Information about the crash
The crash starts randomly without any abnormalities in the serverlog. So there are no other network hitch warnings before that. Thats how it looks like:

[ citizen-server-impl] network thread hitch warning: timer interval of 231 milliseconds
[ citizen-server-impl] server thread hitch warning: timer interval of 247 milliseconds
[ citizen-server-impl] network thread hitch warning: timer interval of 2244 milliseconds
[ citizen-server-impl] server thread hitch warning: timer interval of 2282 milliseconds
txaEvent “serverShuttingDown” “{"delay":5000,"author":"txAdmin","message":"Server Neustart (Crash erkannt)."}”

It will hitch up to 5000 ms and crash with this error codes:

FXServer Closed. (code 4294967294)
FXServer Closed. (code 3221226356)

After a txAdmin restart it often crashes again after 2-5 minutes.
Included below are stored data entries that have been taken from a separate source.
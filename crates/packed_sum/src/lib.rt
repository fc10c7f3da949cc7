// Sums of the lanes of a half: add, subtract, negate, and the rounding average.
#![tactic(auto)]

pub mod arithmetic;
pub mod average;
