// The text of the program `scan` (specs/Lines.antt): the lines of meetings put into a lent block, and the last line.
#![tactic(auto)]

ghost use Rattle.std.specs.Prelude.{ℕ, ◌+◌, ◌*◌, ◌-◌, ◌/◌, ◌%◌, ◌^◌, ◌<◌, ◌≤◌, min, ◌≡◌, true, false, List, [], ◌∷◌, ◌++◌, length, take, drop, get_or};
ghost use Rattle.std.proofs.Math.Seq.{paste};
ghost use Rattle.program_digits.specs.Digits.{digits};
ghost use Rattle.program_digits.specs.Put.{Wrote, Filled};
ghost use Rattle.capture_meetings.specs.Meetings.{met, all_from, shift};
ghost use Rattle.finder_windows.specs.Definition.{bits, marker_bits};
ghost use Rattle.program_scan.specs.Lines.{line, lines, last_line};
ghost use Rattle.program_scan.specs.Pen.{little, Ready, told, tolds, all_told, Plain, coded, Within, Sought, PutTo};
ghost use Rattle.finder_columns.specs.Columns.{Columns};
ghost use Rattle.capture_history.specs.State.{Stands};
ghost use Rattle.program_scan.specs.Whole.{Lined};

use capture_history::{CAPTURE, Scan};
use finder::Found;

// More room than the lines of 256 positions may take, and one line.
const MANY: usize = 11265;

const ONE: usize = 45;

// "0 distan" as a word, its first character lowest.
const TAIL: u64 = 7953766455951237168;

// "ces "
const ON: u64 = 544433507;

// "0 0\n"
const DISTANCES: u64 = 170926128;

// What the code of a position has more where it is not met.
const FAR: u32 = 16777216;

// Where the next line goes, how many digits its position has, and its last digit with what follows that.
#[derive(Drop)]
struct Pen {
    used: usize,
    digits: usize,
    tail: u64,
}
After that, the server runs fine again for like 20 hours, Most of the time its happening between 15:00 and 20:00.

Analyzing the crash:
We checked the dmp files and found this as error codes:

FAILURE_BUCKET_ID: INVALID_POINTER_READ_c0000005_citizen-scripting-lua.dll!Unknown

PROCESS_NAME: FXServer.exe
READ_ADDRESS: 000000000030303b
ERROR_CODE: (NTSTATUS) 0xc0000005 - Die Anweisung in 0x%p verwies auf Arbeitsspeicher bei 0x%p. Der Vorgang %s konnte im Arbeitsspeicher nicht durchgeführt werden.

So i saw it has something to do with the memory. I had a conversation with nta on discord and i send him my full dmp. He said its some sort of generic memory corruption. Likely some attack indeed though given one of them is in tcpserver, but impossible to tell without having access to the attack method ‘on demand’ to run tests with.

Here is a dmp file if you want to check it. Let me know if you need a full dmp file. I can send it via PM.
f275019d-94ee-4887-9710-8c4137a63995.dmp (3.5 MB)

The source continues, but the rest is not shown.